For every one million people that visit Denali National Park & Preserve, more than nine will die, the most deadly rate of all the National Park Service's parks or recreation areas over the last 14 years.

For every one million people that visit Denali National Park & Preserve, more than nine will die, the most deadly rate of all the National Park Service’s parks or recreation areas over the last 14 years.

Becky Bohrer/Associated Press

Below North America’s tallest peak lies six million acres of wild land in the heart of untamed Alaska. Denali National Park & Preserve entices some of the hardiest and experienced climbers and backpackers.

But for every 1 million people that visit the jewel of Alaska more than nine have died, the most deadly rate of all the National Park Service’s parks or recreation areas over the last 14 years where at least 20 people died.

Almost four out of every 10 deaths there are from falling. Many climbers are seduced by the 20,310-foot snow-covered Denali peak. The park had about 6.5 million visitors from 2007 to 2020, and 61 deaths (4.4 annually). Virgin Islands National Park, with its beautiful beaches and coral reefs, had the next highest death rate. It saw 4.7 deaths per 1 million visitors during that same time span, nearly half from drowning.

It’s been a tragic summer in the outdoors of Northern California. A Mariposa County couple, along with their 1-year-old child and dog all died on a remote hike in the Sierra National Forest. A jogger was found dead after an exhaustive search in the hills above Pleasanton. A San Francisco man died while hiking in Death Valley National Park. And searchers are combing sections of Yosemite National Park looking for a lost Stanislaus County man.

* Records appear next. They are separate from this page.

//! Shapes of each form, by a scalar of the input.

use sk_base::List;
use sk_dag::{BoolId, Dag, Shape, Targets};
use smallvec::SmallVec;
use std::alloc::{AllocError, Global};

/// The forms of elements.
#[derive(Clone, Copy)]
pub enum Kind {
    /// Whether the scalar is not 0.
    Bit,
    /// The scalar.
    Int,
    /// A reference to a slot where the scalar is not 0, and else null.
    Reference,
    /// A reference to a slot where the scalar is not 0, and else to slot 8.
    Either,
    /// An array of the bit and the integer.
    Array,
    /// An array of a reference and of an array of the integer.
    Nested,
}

/// The slot of a reference whose scalar is 0.
pub const OTHER: u32 = 8;

const KINDS: &[Kind] = &[
    Kind::Bit,
    Kind::Int,
    Kind::Reference,
    Kind::Either,
    Kind::Array,
    Kind::Nested,
];

/// Each form. Proofs see none of them.
pub fn kinds() -> &'static [Kind] {
    KINDS
}

fn bit(dag: &mut Dag, i: u32) -> Result<Shape, AllocError> {
    let a = dag.input_bit(i)?;
    Ok(Shape::Bit(a))
}

fn int(dag: &mut Dag, i: u32) -> Result<Shape, AllocError> {
    let a = dag.input_word(i)?;
    Ok(Shape::Int(a))
}

fn reference_of(alloc: Global, targets: &[(u32, BoolId)]) -> Result<Shape, AllocError> {
    let slots = SmallVec::from_slice(alloc, targets)?;
    Ok(Shape::Reference(Targets { slots }))
}

fn reference(alloc: Global, dag: &mut Dag, slot: u32, i: u32) -> Result<Shape, AllocError> {
    let guard = dag.input_bit(i)?;
    reference_of(alloc, &[(slot, guard)])
}

fn either(alloc: Global, dag: &mut Dag, slot: u32, i: u32) -> Result<Shape, AllocError> {
    let guard = dag.input_bit(i)?;
    let other = dag.not(guard)?;
    reference_of(alloc, &[(slot, guard), (OTHER, other)])
}

/// An array of one.
fn single(alloc: Global, a: Shape) -> Result<Shape, AllocError> {
    let mut parts = List::new(alloc);
    parts.push(a)?;
    Ok(Shape::Array(parts))
}

/// An array of two.
fn pair(alloc: Global, a: Shape, b: Shape) -> Result<Shape, AllocError> {
    let mut parts = List::new(alloc);
    parts.push(a)?;
    parts.push(b)?;
    Ok(Shape::Array(parts))
}

fn array(alloc: Global, dag: &mut Dag, i: u32) -> Result<Shape, AllocError> {
    let a = bit(dag, i)?;
    let b = int(dag, i)?;
    pair(alloc, a, b)
}

fn nested(alloc: Global, dag: &mut Dag, slot: u32, i: u32) -> Result<Shape, AllocError> {
    let a = reference(alloc, dag, slot, i)?;
    let b = int(dag, i)?;
    let b = single(alloc, b)?;
    pair(alloc, a, b)
}

/// A shape of this form, by a scalar of the input; a reference in it is to this slot.
pub fn element(
    alloc: Global,
    dag: &mut Dag,
    kind: Kind,
    slot: u32,
    i: u32,
) -> Result<Shape, AllocError> {
    match kind {
        Kind::Bit => bit(dag, i),
        Kind::Int => int(dag, i),
        Kind::Reference => reference(alloc, dag, slot, i),
        Kind::Either => either(alloc, dag, slot, i),
        Kind::Array => array(alloc, dag, i),
        Kind::Nested => nested(alloc, dag, slot, i),
    }
}

/// A list of one shape.
pub fn alone(alloc: Global, shape: Shape) -> Result<List<Shape>, AllocError> {
    let mut made = List::new(alloc);
    made.push(shape)?;
    Ok(made)
}

/// A list of one shape of this form, by a scalar of the input; a reference in it is to this slot.
pub fn one(
    alloc: Global,
    dag: &mut Dag,
    kind: Kind,
    slot: u32,
    i: u32,
) -> Result<List<Shape>, AllocError> {
    let shape = element(alloc, dag, kind, slot, i)?;
    alone(alloc, shape)
}

/// So many shapes of this form, by the scalars from `first` on; a reference is to the slot of the number of its scalar.
pub fn elements(
    alloc: Global,
    dag: &mut Dag,
    kind: Kind,
    first: u32,
    count: u32,
) -> Result<List<Shape>, AllocError> {
    let mut made = List::new(alloc);
    for k in 0..count {
        let i = first.wrapping_add(k);
        let one = element(alloc, dag, kind, i, i)?;
        made.push(one)?;
    }
    Ok(made)
}

/// Adds what such a shape is to be seen as: its bits as 0 or 1, its integers, and its references as their slots, or -1
/// where they are null.
pub fn push_wanted(
    want: &mut Vec<i64>,
    kind: Kind,
    slot: u32,
    scalar: i64,
) -> Result<(), AllocError> {
    let bit = (scalar != 0) as i64;
    let target = if scalar == 0 { -1 } else { slot as i64 };
    let other = if scalar == 0 { OTHER } else { slot };
    match kind {
        Kind::Bit => want.extend_from_slice(&[bit]),
        Kind::Int => want.extend_from_slice(&[scalar]),
        Kind::Reference => want.extend_from_slice(&[target]),
        Kind::Either => want.extend_from_slice(&[other as i64]),
        Kind::Array => want.extend_from_slice(&[bit, scalar]),
        Kind::Nested => want.extend_from_slice(&[target, scalar]),
    }
}
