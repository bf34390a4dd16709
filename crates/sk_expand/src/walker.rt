//! The walk over a program, which makes a copy of a generator for each of its calls.
ghost use Rattle.std.specs.Prelude.{◌≡◌, ◌+◌, suc, length, slice_index_or, IfOk, ◌<◌, ◌∷◌, []};
ghost use Rattle.sk_prog.specs.declared.expr.PEForm.TheVariants as eform;
ghost use Rattle.sk_prog.specs.declared.stmt.PForm.TheVariants as sform;
ghost use Rattle.sk_model.specs.Parts.{rank};
ghost use Rattle.sk_model.specs.Nodes.{expr_nodes, value_nodes, stmt_nodes, stmts_nodes};
ghost use Rattle.sk_model.specs.Expand.{as_walk, times, copies_held, most_copies, fun_id, stub, copy_of, are_ordinary, is_zero};
ghost use Rattle.sk_expand.specs.Made.{Gives, GivesList, GivesCopies, Leaf};
ghost use Rattle.sk_expand.specs.Nodes.{exprs_nodes, fields_nodes, nodes_of_eform, nodes_of_form, branch_nodes, none};
ghost use Rattle.sk_expand.specs.Walking.{HasNumbers, followed, left_under, calls_in, expr_in, exprs_in, eform_in, fields_in, value_in, stmt_in, stmts_in, form_in, branch_in, copies_in};

use crate::building::Building;
use crate::copies::{copy_of, count_of, is_generator, nothing, stub, with_function};
use crate::counting::take_expr;
use crate::repeats::{copies_held, most_copies};
use crate::stop::Stop;
use sk_base::{Bounds, Boxed, List, Name, Span, at};
use sk_expand_copies::{copy_expr, copy_name};
use sk_limits::too_many;
use sk_prog::{BinOp, Fun, FunId, PEForm, PExpr, PField, PForm, PStmt, StructId, Ty};
use std::alloc::{AllocError, Global};

/// What a walk goes by. Nothing of it changes during the walk of one body.
#[derive(Drop)]
pub struct Walker<'a> {
    pub alloc: Global,
    pub bounds: Bounds,
    pub funs: &'a [Fun],
    /// The new number of each function.
    pub table: &'a [u32],
    /// How many functions are ordinary.
    pub ordinary: u32,
    /// The generators of which copies are being walked, the outermost first.
    pub active: &'a [u32],
}

/// The number of a function that comes after so many others.
fn sum(ordinary: u32, before: u32) -> Result<u32, AllocError>
    ensures { IfOk result (λ n. n ≡ ordinary + before) }
{
    match ordinary.checked_add(before) {
        Some(n) => Ok(n),
        None => Err(too_many()),
    }
}

fn copy_var(alloc: Global, slot: u32, name: &Name) -> Result<PEForm, AllocError>
    ensures { IfOk result (λ copy. copy ≡ eform.Var slot name.now) }
{
    let name = copy_name(alloc, name)?;
    Ok(PEForm::Var { slot, name })
}
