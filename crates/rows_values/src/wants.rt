//! What a row wants in an environment.

use crate::calls::Call;
use crate::kinds::push_wanted;
use crate::rows::{Guard, Row, Try};
use crate::sights::{env_of, holds, see_all};
use row_tables::{Fault, expect};
use sk_dag::{BoolId, Dag, Env, Shape};
use std::alloc::{AllocError, Global};

// Adds so many bits of a number.
fn push_bits(input: &mut Vec<i64>, number: i64, count: u32) -> Result<(), AllocError> {
    let mut rest = number;
    for _ in 0..count {
        input.push(rest & 1)?;
        rest = rest >> 1;
    }
    Ok(())
}

// The scalars: those of both shapes and of a guard; bits of two numbers; bits, so many that are 0, and a count behind
// them; or those of four elements, of a value at 5, of a guard at 6 and of an index at 7.
fn push_input(input: &mut Vec<i64>, row: &Row, it: &Try) -> Result<(), AllocError> {
    match row.call {
        Call::Choose | Call::Same(_, _) => input.extend_from_slice(it),
        Call::Sum(_, _) => {
            push_bits(input, it[0], row.count)?;
            push_bits(input, it[1], row.count)
        }
        Call::Shift(_) => {
            push_bits(input, it[0], row.count.wrapping_mul(2))?;
            Ok(input.push(it[1])?)
        }
        _ => input.extend_from_slice(&[5, 0, -7, 1, 0, 9, it[1], it[0]]),
    }
}

fn scalar_at(input: &[i64], place: u32) -> i64 {
    input.get(place as usize).copied().unwrap_or(0)
}

fn is_under(guard: Guard, input: &[i64]) -> bool {
    match guard {
        Guard::Given(value) => value,
        Guard::Input(place) => scalar_at(input, place) != 0,
    }
}

// Whether the index leaves the list, or a count is negative.
fn is_outside(row: &Row, it: &Try) -> bool {
    let count = row.count as i64;
    match row.call {
        Call::Read | Call::Write => it[0] < 0 || it[0] >= count,
        Call::Slice(long) => it[0] < 0 || it[0] > count.wrapping_sub(long as i64),
        Call::Shift(_) => it[1] < 0,
        _ => false,
    }
}

// The place so far behind an index, where the index is in the list.
fn place_behind(index: i64, k: u32) -> u32 {
    match u32::try_from(index) {
        Ok(first) => first.wrapping_add(k),
        Err(_) => k,
    }
}

// The place of the element that is to stand at `k` of the answer.
fn place_at(row: &Row, it: &Try, input: &[i64], k: u32) -> u32 {
    match row.call {
        Call::Choose => (row.count == 2 && !is_under(row.guard, input)) as u32,
        Call::Read | Call::Slice(_) => place_behind(it[0], k),
        Call::Write if k as i64 != it[0] => k,
        Call::Write => if is_under(row.guard, input) { 5 } else { k },
        Call::Pad(_) if k < row.count => k,
        _ => 5,
    }
}

// How many elements the answer has, or bits.
fn length_of(row: &Row) -> u32 {
    match row.call {
        Call::Choose | Call::Same(_, _) | Call::Read => 1,
        Call::Slice(long) | Call::Pad(long) => long,
        Call::Write | Call::Sum(_, _) | Call::Shift(_) => row.count,
    }
}

fn push_elements(
    want: &mut Vec<i64>,
    row: &Row,
    it: &Try,
    input: &[i64],
) -> Result<(), AllocError> {
    for k in 0..length_of(row) {
        let place = place_at(row, it, input, k);
        push_wanted(want, row.kind, place, scalar_at(input, place))?;
    }
    Ok(())
}

// Whether what two shapes are to be seen as is the same.
fn push_equal(
    alloc: Global,
    want: &mut Vec<i64>,
    row: &Row,
    it: &Try,
    slots: (u32, u32),
) -> Result<(), AllocError> {
    let mut first = Vec::new(alloc);
    let mut second = Vec::new(alloc);
    push_wanted(&mut first, row.kind, slots.0, it[0])?;
    push_wanted(&mut second, row.kind, slots.1, it[1])?;
    Ok(want.push((first.as_slice() == second.as_slice()) as i64)?)
}

// What the answer is to be seen as.
fn push_answer(
    alloc: Global,
    want: &mut Vec<i64>,
    row: &Row,
    it: &Try,
    input: &[i64],
) -> Result<(), AllocError> {
    match row.call {
        Call::Same(a, b) => push_equal(alloc, want, row, it, (a, b)),
        Call::Sum(_, _) | Call::Shift(_) => push_bits(want, it[2], row.count),
        _ => push_elements(want, row, it, input),
    }
}

fn expect_seen(
    alloc: Global,
    dag: &Dag,
    env: &Env,
    row: &Row,
    it: &Try,
    made: &[Shape],
) -> Result<(), Fault> {
    let mut got = Vec::new(alloc);
    see_all(dag, env, made, &mut got)?;
    let mut want = Vec::new(alloc);
    push_answer(alloc, &mut want, row, it, env.input.as_slice())?;
    expect(got.as_slice() == want.as_slice())
}

fn expect_in(
    alloc: Global,
    dag: &Dag,
    env: &Env,
    row: &Row,
    it: &Try,
    made: &[Shape],
    outside: BoolId,
) -> Result<(), Fault> {
    let left = is_outside(row, it);
    let told = holds(dag, env, outside)?;
    expect(told == left && made.len() == length_of(row) as usize)?;
    match row.call {
        Call::Read | Call::Slice(_) | Call::Shift(_) if left => Ok(()),
        _ => expect_seen(alloc, dag, env, row, it, made),
    }
}

/// Whether the index is told to be outside where it is, and what the answer is seen as. Of an element, a part of a list or
/// bits moved by an index that is outside nothing is said.
pub fn expect_try(
    alloc: Global,
    dag: &Dag,
    row: &Row,
    it: &Try,
    made: &[Shape],
    outside: BoolId,
) -> Result<(), Fault> {
    let mut input = Vec::new(alloc);
    push_input(&mut input, row, it)?;
    let env = env_of(alloc, input.as_slice())?;
    expect_in(alloc, dag, &env, row, it, made, outside)
}
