//! The marks that the parts of a word give: texts and lists, quoted and unquoted (Bash Reference Manual, "Quoting",
//! "Special Parameters", "Word Splitting").
#![tactic(auto)]

mod given;
mod lists;
mod texts;

pub use given::Given;
pub use lists::{Listing, join, put_list};
pub use texts::{as_results, close_quotes, put_quoted, put_text};
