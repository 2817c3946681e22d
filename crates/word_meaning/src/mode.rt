/// What becomes of the elements of a list, as `$@` and `${a[*]}` are.
#[derive(Clone, Copy)]
pub enum Mode {
    /// They stay apart, each a field or more.
    Fields,
    /// They are joined, as where one text is wanted.
    Text,
}

/// Where a tilde may stand for HOME.
#[derive(Clone, Copy)]
pub enum Tildes {
    /// Nowhere, as in a subscript.
    Nowhere,
    /// At the start, as in a word.
    AtStart,
    /// At the start and after each colon, as in an assigned value.
    InValue,
}
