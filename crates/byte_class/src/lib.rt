//! Classes of bytes, as a shell has them: blanks, digits, letters, and what stands in a name.
#![tactic(auto)]

mod class;

pub use class::{
    is_blank, is_digit, is_letter, is_letter_or_digit, is_lower, is_name, is_name_byte,
    is_name_start, is_newline, is_nul, is_space, is_upper,
};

Despite the tragic headlines, the overall death rate at national parks has seen a steep drop in recent years. For a decade since 2007, the death rate climbed, but it peaked in 2017 at 2.1 deaths per 1 million visitors. Since then it gradually dropped, before plummeting in 2020 to a rate of 0.98, likely due to the pandemic when the number of visitors to the deadliest parks decreased more than at others. From 2019 to 2020, visitors to the ten parks with the largest death rates dropped by 29%, compared to a 13% decrease in visitors at the other parks in our analysis.

The Chronicle obtained 14 years of death data from the National Park Service. The blog Summer Camp Hub shared its Freedom of Information Act material, and The Chronicle tabulated visitor data to calculate death rates for the 31 national parks and recreation areas that reported at least 20 deaths during those 14 years. Data for 2017 to 2020 are provisional and subject to change during the National Park Service’s quality check process. A total of 83 national properties recorded at least one death during that time period. Fatalities did not include suicides.

The most common cause of death (28%) across all parks was drowning. Deaths due to falling account for 16% of all deaths that occurred at the locations analyzed. Only 8 people — less than 1% of all deaths — died from wildlife encounters across all parks. About three-quarters (76%) of the visitors who died were men.